Simmy often tried in vain to imagine the daily lives of the Harkness family. Busy professional parents, five offspring, a big house and relaxed attitudes. Helen, the mother, was a sensible woman who Simmy much admired. Wilf, the oldest of the children, had left home and was away at university after considerable dithering as to his choice of career. Ben was followed by three sisters: Natalie, Tanya and Zoe, a trio of trouble, as he would sometimes characterise them.
‘Good luck, then,’ she said to Bonnie. ‘But just remember: if he fails any of his exams, they’re going to blame you.’
‘He won’t fail,’ said Bonnie, with complete conviction.
Simmy found her car, drove home, phoned Christopher and fed herself, all without giving a single thought to Staveley and its suspicious inhabitants.
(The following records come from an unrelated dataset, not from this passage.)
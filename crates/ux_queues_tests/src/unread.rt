//! The messages that wait at a socket, looked at where they are.

use crate::values::{path, references};
use std::alloc::AllocError;
use std::process::Abort;
use ux_description::Socket;
use ux_rights::{Draft, RefList};
use ux_types::{Addr, Bytes, Cred, DescriptionId, Pid, SockType};

fn user(pid: u32) -> Cred {
    Cred {
        pid: Pid(pid),
        uid: 1000,
        gid: 1000,
    }
}

/// Queues the two bytes `ab`, which the process with this number sends.
fn send(rt: &impl Abort, s: &mut Socket, pid: u32, rights: RefList, from: Option<Addr>) {
    let bytes = Bytes::short(b"ab");
    assert!(rt; !bytes.is_empty());
    let draft = Draft {
        tag: 1,
        bytes: &bytes,
        cred: user(pid),
        uid: 1000,
    };
    assert!(rt; s.send(draft, rights, from).is_ok());
}

/// Sees that the message at an index has so many bytes, these rights, and this process's credentials.
fn expect_message(
    rt: &impl Abort,
    s: &Socket,
    index: usize,
    len: usize,
    numbers: &[u128],
    pid: u32,
) {
    let Some(unread) = s.message(index) else {
        assert!(rt; false);
        return;
    };
    assert!(rt; unread.tag == 1 && unread.len == len && unread.cred == user(pid));
    assert!(rt; unread.rights.len() == numbers.len());
    for (reference, number) in unread.rights.iter().zip(numbers) {
        assert!(rt; reference.description() == DescriptionId::new(*number));
    }
}

#[test]
fn each_message_of_a_stream_is_seen(rt: HostRuntime) -> Result<(), AllocError> {
    let alloc = rt.alloc();
    let mut s = Socket::pair_end(alloc, SockType::Stream, DescriptionId::new(4), user(1));
    assert!(rt; s.message_count() == 0 && s.message(0).is_none());
    send(&rt, &mut s, 1, RefList::new(alloc), None);
    send(&rt, &mut s, 2, references(alloc, &[9, 7])?, None);
    assert!(rt; s.message_count() == 2 && s.message(2).is_none());
    expect_message(&rt, &s, 0, 2, &[], 1);
    expect_message(&rt, &s, 1, 2, &[9, 7], 2);
    assert!(rt; !s.is_empty());
    let (rights, _sender) = s.skip(1);
    assert!(rt; rights.is_empty() && s.message_count() == 2);
    expect_message(&rt, &s, 0, 1, &[], 1);
    Ok(())
}

#[test]
fn a_datagram_shows_its_senders_name(rt: HostRuntime) -> Result<(), AllocError> {
    let alloc = rt.alloc();
    let mut s = Socket::new(alloc, SockType::Dgram);
    send(
        &rt,
        &mut s,
        3,
        references(alloc, &[5])?,
        Some(path(alloc, b"a")?),
    );
    send(&rt, &mut s, 3, RefList::new(alloc), None);
    assert!(rt; s.message_count() == 2);
    expect_message(&rt, &s, 0, 2, &[5], 3);
    let name = path(alloc, b"a")?;
    assert!(rt;
        s.message(0)
            .is_some_and(|unread| unread.from == Some(&name))
    );
    assert!(rt; s.message(1).is_some_and(|unread| unread.from.is_none()));
    Ok(())
}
Instead, she focused on the business. Ordering all the necessary stock for later in the month, buying in new cards, thinking up fresh wares for the summer such as hanging baskets and variations on that theme. She even jotted some ideas on a pad as she ate her supper. The mental barrier she’d erected against unwelcome thoughts was holding up nicely until the phone rang and all the defences collapsed when she heard her mother saying, ‘He’s been rushed into hospital. Your father’s had a stroke, and they’ve taken him to Barrow.’